While popular with the public, the proposals have rattled investors. Market analysts warn that such a tax could discourage lending, reduce competitiveness, and encourage banks to seek offshore strategies. Executives have already begun lobbying the Treasury to reconsider, urging policymakers to prioritize stability over short-term revenue.

Despite financial jitters, business confidence surveys show optimism across other sectors. Manufacturing and technology firms report increased orders and rising investment, suggesting the broader economy is not yet faltering. However, concerns remain that prolonged political wrangling could weigh on consumer confidence.

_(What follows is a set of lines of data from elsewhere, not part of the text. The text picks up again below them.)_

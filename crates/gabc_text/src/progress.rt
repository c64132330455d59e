//! The position and the counts of the machine of a text.

ghost use Rattle.std.specs.Prelude.{◌≡◌, None, ℕ};
ghost use Rattle.gabc_text.specs.TextStage.{count_plus, fresh_stage};
ghost use Rattle.gabc_text.specs.View.{centre_by};
ghost use Rattle.gabc_text.specs.Events.{count_by, option_list_of};
ghost use Rattle.gabc_text.specs.witness.EventsLeft.{parts_by, piece_by, piece_there, waiting_after};
ghost use Rattle.gabc_text.specs.machine.TextStage.{progress_after, progress_past};

use crate::text_event::TextPart;
use crate::text_facts::{TextFacts, piece_at};
use crate::token::{TagEffect, TokenKind};
use crate::view::{Piece, PieceKind};
use gabc_places::{Place, Span};

/// The position of the machine in the text and in its kept text. A count that has reached its last
/// value stays there.
#[derive(Clone, Copy, PartialEq)]
pub(crate) struct Progress {
    /// The beginning of the current token: its place, and the number of bytes kept before it.
    pub(crate) place: Place,
    pub(crate) start: usize,
    /// The place of the next character, and the number of bytes kept before it.
    pub(crate) next: Place,
    pub(crate) kept: usize,
    /// The number of pieces, with a blank that is not emitted yet.
    pub(crate) pieces: usize,
    /// A blank that is a piece if another piece follows.
    pub(crate) blank: Option<Piece>,
    /// The number of pieces before the centre, and before its end.
    pub(crate) begin: Option<usize>,
    pub(crate) end: Option<usize>,
}

/// Returns the sum, or the last value if it is larger.
pub(crate) fn plus(n: usize, more: usize) -> usize
    ensures { result ≡ count_plus n more }
{
    n.saturating_add(more)
}

/// Returns the piece of kind `kind` for a token, without the `$` of an escape. Before the last
/// character of the token, `last` bytes were kept.
#[inline(always)]
pub(crate) fn piece_there(
    facts: TextFacts,
    progress: Progress,
    kind: PieceKind,
    last: usize,
) -> Piece
    ensures { result ≡ piece_there facts progress kind last progress.kept }
{
    let from = match kind {
        PieceKind::Char => last,
        _ => progress.start,
    };
    Piece {
        kind,
        styles: facts.styles,
        span: Span {
            from,
            to: progress.kept,
        },
    }
}

/// Returns the part for a token that is no piece, if there is one. Before the last character of the
/// token, `last` bytes were kept.
pub(crate) fn part_at(
    facts: TextFacts,
    progress: Progress,
    kind: TokenKind,
    last: usize,
) -> Option<TextPart>
    ensures { (to : ℕ) → option_list_of result ≡ parts_by facts progress kind last to None }
{
    match kind {
        TokenKind::Blank => {
            if facts.word || facts.starts {
                None
            } else {
                Some(TextPart::WordStart)
            }
        }
        TokenKind::Translation => {
            if facts.translated {
                None
            } else {
                Some(TextPart::Translation(Span {
                    from: plus(progress.start, 1),
                    to: last,
                }))
            }
        }
        _ => None,
    }
}

/// Returns the blank that waits after a token, if one does.
#[inline(always)]
pub(crate) fn waiting_piece(
    facts: TextFacts,
    progress: Progress,
    kind: TokenKind,
    effect: TagEffect,
) -> Option<Piece>
    ensures { let blank = piece_there facts progress PieceKind.Blank progress.start progress.kept in
        result ≡ waiting_after blank progress.blank (piece_by facts kind effect) }
{
    match piece_at(facts, kind, effect) {
        Some(PieceKind::Blank) => Some(piece_there(
            facts,
            progress,
            PieceKind::Blank,
            progress.start,
        )),
        Some(_) => None,
        None => progress.blank,
    }
}

/// Returns the centre of a text that ends here, if it has one. It does not reach past the last
/// piece that is emitted.
pub(crate) fn centre(progress: Progress) -> Option<Span>
    ensures { result ≡ centre_by (count_by progress.pieces progress.blank)
        progress.begin progress.end }
{
    let count = match progress.blank {
        Some(_) => progress.pieces.saturating_sub(1),
        None => progress.pieces,
    };
    match progress.begin {
        Some(begin) => match progress.end {
            Some(end) => Some(Span {
                from: begin.min(count),
                to: end.min(count),
            }),
            None => Some(Span {
                from: begin.min(count),
                to: count,
            }),
        },
        None => None,
    }
}

impl Progress {
    /// Returns the progress before the first character, which is at `at`.
    pub(crate) fn new(at: Place) -> Progress
        ensures { result ≡ (fresh_stage at).progress }
    {
        Progress {
            place: at,
            start: 0,
            next: at,
            kept: 0,
            pieces: 0,
            blank: None,
            begin: None,
            end: None,
        }
    }

    /// Updates the progress for a token, which ends before `place`.
    #[inline(always)]
    pub(crate) fn pass_token(
        &mut self,
        facts: TextFacts,
        kind: TokenKind,
        effect: TagEffect,
        place: Place,
    )
        ensures { self.new ≡ progress_after facts self.old kind effect place }
    {
        let blank = waiting_piece(facts, *self, kind, effect);
        match kind {
            TokenKind::Begin if !facts.begun => self.begin = Some(self.pieces),
            TokenKind::End if facts.begun && !facts.ended => self.end = Some(self.pieces),
            _ => {}
        }
        if piece_at(facts, kind, effect).is_some() {
            self.pieces = plus(self.pieces, 1);
        }
        self.blank = blank;
        self.place = place;
        self.start = self.kept;
    }

    /// Updates the progress for the character `c`, of which `kept` is kept.
    #[inline(always)]
    pub(crate) fn pass(&mut self, c: char, kept: Option<char>)
        ensures { self.new ≡ progress_past self.old c kept }
    {
        if let Some(kept) = kept {
            self.kept = plus(self.kept, kept.len_utf8());
        }
        self.next = self.next.saturating_after(c);
    }
}
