//! The table of the tags' names. Code and definitions read this one.

ghost use Rattle.std.specs.Prelude.{◌≡◌};
ghost use Rattle.gabc_text.specs.TagNames.{known_tags};
ghost use Rattle.gabc_text.specs.Token.{tag_names};

use crate::styles::Style;
use crate::token::{RawKind, TagEffect};

/// The known tags: the name between the `<` and the `>`, in ASCII, and the effect of the tag.
#[rattlefmt::skip]
pub(crate) const TAGS: [(&str, TagEffect); 21] = [
    ("b", TagEffect::Opens(Style::B)),
    ("/b", TagEffect::Closes(Style::B)),
    ("c", TagEffect::Opens(Style::C)),
    ("/c", TagEffect::Closes(Style::C)),
    ("e", TagEffect::Opens(Style::E)),
    ("/e", TagEffect::Closes(Style::E)),
    ("i", TagEffect::Opens(Style::I)),
    ("/i", TagEffect::Closes(Style::I)),
    ("sc", TagEffect::Opens(Style::Sc)),
    ("/sc", TagEffect::Closes(Style::Sc)),
    ("tt", TagEffect::Opens(Style::Tt)),
    ("/tt", TagEffect::Closes(Style::Tt)),
    ("ul", TagEffect::Opens(Style::Ul)),
    ("/ul", TagEffect::Closes(Style::Ul)),
    ("eu", TagEffect::Mark),
    ("/eu", TagEffect::Mark),
    ("nlba", TagEffect::Mark),
    ("/nlba", TagEffect::Mark),
    ("v", TagEffect::Begins(RawKind::V)),
    ("sp", TagEffect::Begins(RawKind::Sp)),
    ("alt", TagEffect::Begins(RawKind::Alt)),
];

/// The number of characters of a tag's name that are kept: more than any name in the table has.
pub(crate) const KEPT: usize = 6;

/// Law: the names in the table are these, each with the effect of its tag.
pub fn tag_names_are_these()
    ensures { tag_names ≡ known_tags }
{}
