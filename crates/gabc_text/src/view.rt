//! The view of a text: its pieces, its centre and its translation.

ghost use Rattle.std.specs.Prelude.{◌≡◌, ◌≤◌, IsOk, IfOk, OnOk, OnErr};
ghost use Rattle.smallvec.specs.SmallVec.{HasRoomFor};
ghost use Rattle.gabc_text.specs.BuiltText.{empty_view, with_part};
ghost use Rattle.gabc_text.specs.TextView.{content_of};

use crate::styles::Styles;
use crate::text_event::TextPart;
use gabc_places::{Place, Span};
use smallvec::SmallVec;
use std::alloc::{AllocError, Global};

/// The kind of a piece of a text.
#[derive(Clone, Copy, Debug, PartialEq, Eq)]
pub enum PieceKind {
    /// A character that is printed as itself.
    Char,
    /// A run of blanks.
    Blank,
    /// A raw part with its two tags.
    Raw,
    /// A tag that is kept as it is written.
    Tag,
    /// One of `<eu>`, `</eu>`, `<nlba>` and `</nlba>`.
    Mark,
}

/// A piece of a text. Its span counts bytes of the kept text; that of a character is without the
/// `$` before it.
#[derive(Clone, Copy, Debug, PartialEq, Eq)]
pub struct Piece {
    /// Its kind.
    pub kind: PieceKind,
    /// The styles that are open at it.
    pub styles: Styles,
    /// Its bytes in the kept text.
    pub span: Span,
}

/// A character without bytes or styles.
impl Default for Piece {
    ghost use Rattle.gabc_text.specs.declared.view.PieceKind.TheVariants.{Char};
    ghost use Rattle.gabc_text.specs.declared.styles.TheConstants.Styles.{NONE};

    ghost is_default = { λ p.
        (p.kind ≡ Char) × ((p.styles ≡ NONE) × ((p.span.from ≡ 0) × (p.span.to ≡ 0))) };

    fn default() -> Piece {
        Piece {
            kind: PieceKind::Char,
            styles: Styles::NONE,
            span: Span { from: 0, to: 0 },
        }
    }
}

/// The end of a text.
#[derive(Clone, Copy, Debug, PartialEq, Eq)]
pub enum TextEnding {
    /// At the `(` at this index, in bytes of the text.
    Notes(usize),
    /// At the end of the input.
    Finished,
    /// At the end of the input, inside the tag, raw part or translation that begins here.
    Cut(Place),
}

/// The pieces of a text, in order. Up to four of them are not allocated.
pub type Pieces = SmallVec<Piece, 4>;

/// The view of a text.
#[derive(Debug, Drop)]
pub struct TextView {
    /// Whether the syllable begins a word.
    pub word_start: bool,
    /// The pieces, in order.
    pub pieces: Pieces,
    /// The centre, from and to a number of pieces (GregorioRef, "Lyric Centering").
    pub centre: Option<Span>,
    /// The first translation without its brackets, in bytes of the kept text (GregorioRef,
    /// "Translation Text").
    pub translation: Option<Span>,
}

impl TextView {
    /// Returns an empty view.
    pub fn new(alloc: Global) -> TextView
        ensures { content_of result ≡ empty_view }
    {
        TextView {
            word_start: false,
            pieces: Pieces::new(alloc),
            centre: None,
            translation: None,
        }
    }

    /// Returns an empty view, and reserves memory for `pieces` pieces.
    pub fn with_capacity(alloc: Global, pieces: usize) -> Result<TextView, AllocError>
        ensures content { IfOk result (λ view. content_of view ≡ empty_view) }
        ensures capacity { IfOk result (λ view. pieces ≤ view.pieces.capacity) }
    {
        Ok(TextView {
            word_start: false,
            pieces: Pieces::with_capacity(alloc, pieces)?,
            centre: None,
            translation: None,
        })
    }

    /// Adds `part`, as the machine emitted it. If one piece more is within the capacity, it does
    /// not allocate. If memory cannot be allocated, the view is unchanged.
    pub fn add(&mut self, part: TextPart) -> Result<(), AllocError>
        ensures added { OnOk result (content_of self.new ≡ with_part (content_of self.old) part) }
        ensures capacity { self.old.pieces.capacity ≤ self.new.pieces.capacity }
        ensures had_room { HasRoomFor self.old.pieces 1 →
            self.new.pieces.capacity ≡ self.old.pieces.capacity }
        ensures succeeds { HasRoomFor self.old.pieces 1 → IsOk result }
        ensures unchanged { OnErr result (content_of self.new ≡ content_of self.old) }
    {
        match part {
            TextPart::WordStart => self.word_start = true,
            TextPart::Piece(piece) => self.pieces.push(piece)?,
            TextPart::Centre(span) => self.centre = Some(span),
            TextPart::Translation(span) => self.translation = Some(span),
        }
        Ok(())
    }

    /// Adds `part`, as `add` does, if one piece more is within the capacity. It does not allocate.
    pub fn add_reserved(&mut self, part: TextPart)
        requires { HasRoomFor self.old.pieces 1 }
        ensures added { content_of self.new ≡ with_part (content_of self.old) part }
        ensures capacity { self.new.pieces.capacity ≡ self.old.pieces.capacity }
    {
        match part {
            TextPart::WordStart => self.word_start = true,
            TextPart::Piece(piece) => self.pieces.push_reserved(piece),
            TextPart::Centre(span) => self.centre = Some(span),
            TextPart::Translation(span) => self.translation = Some(span),
        }
    }

    /// Returns a view that says the same, in memory of its own.
    pub fn copy(&self, alloc: Global) -> Result<TextView, AllocError>
        ensures { IfOk result (λ view. content_of view ≡ content_of self.now) }
    {
        Ok(TextView {
            word_start: self.word_start,
            pieces: Pieces::from_slice(alloc, self.pieces.as_slice())?,
            centre: self.centre,
            translation: self.translation,
        })
    }

    /// Makes the view empty. The memory stays reserved.
    pub fn clear(&mut self)
        ensures content { content_of self.new ≡ empty_view }
        ensures capacity { self.new.pieces.capacity ≡ self.old.pieces.capacity }
    {
        self.word_start = false;
        self.pieces.clear();
        self.centre = None;
        self.translation = None;
    }
}
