//! The characters of a kept text.

ghost use Rattle.std.specs.Prelude.{◌≡◌, ◌+◌, ◌^◌, ◌<◌, [], ◌∷◌, ◌++◌, length, IfOk, OnOk};
ghost use Rattle.std.specs.Str.{chars};
ghost use Rattle.gabc_places.specs.StageLaw.{concat_of};
ghost use Rattle.gabc_text.specs.Events.{codes_of, events_by_point};
ghost use Rattle.gabc_text.specs.BuiltText.{kept_chars_in};
ghost use Rattle.gabc_text.specs.View.{kept};

use crate::stage::TextStage;
use crate::text_event::TextEvent;
use gabc_places::{Char, Place, Sequence, outputs_of};
use std::alloc::{AllocError, Global};

/// Adds the character that an event keeps, if it keeps one.
fn add_kept(kept: &mut Sequence<Char>, event: TextEvent) -> Result<(), AllocError>
    ensures { OnOk result (kept.new ≡ kept.old ++ kept_chars_in (event ∷ [])) }
{
    match event {
        TextEvent::Kept(x) => kept.push(x),
        _ => Ok(()),
    }
}

/// Returns the characters of the kept text that `text_whole` returns for `body`, each with its
/// place in the source; a run of blanks has the place of its first. The first character of `body`
/// is at `at`. `gabc_places::place_of_byte` finds the place of a byte among them.
pub fn kept_chars(alloc: Global, body: &str, at: Place) -> Result<Sequence<Char>, AllocError>
    requires line { at.line + length body.now < 2 ^ 64 }
    requires column { at.column + length body.now < 2 ^ 64 }
    ensures events { IfOk result (λ kept. kept
        ≡ kept_chars_in (concat_of (events_by_point at (chars body.now)))) }
    ensures kept { IfOk result (λ all. codes_of all ≡ kept (chars body.now)) }
{
    let mut stage = TextStage::new(at);
    let events = outputs_of(alloc, &mut stage, body, at)?;
    let mut kept = Sequence::new(alloc);
    for event in events.as_slice() {
        add_kept(&mut kept, *event)?;
    }
    Ok(kept)
}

The debate comes at a delicate time for the UK economy. Inflation remains above target, growth is sluggish, and the country faces persistent trade imbalances. Policymakers see windfall taxes as a quick fix, but experts warn that poorly designed levies could undermine long-term stability.

If implemented retroactively, the tax could cover profits as far back as 2020, potentially costing banks billions. This prospect has unsettled shareholders and sparked fears of a credit squeeze. For ordinary Britons, higher borrowing costs and reduced access to credit could be the unintended consequence.

The Chancellor is expected to make a statement in the coming days, but until then, markets remain volatile. For the financial sector—long seen as a pillar of Britain’s economy—the stakes could not be higher.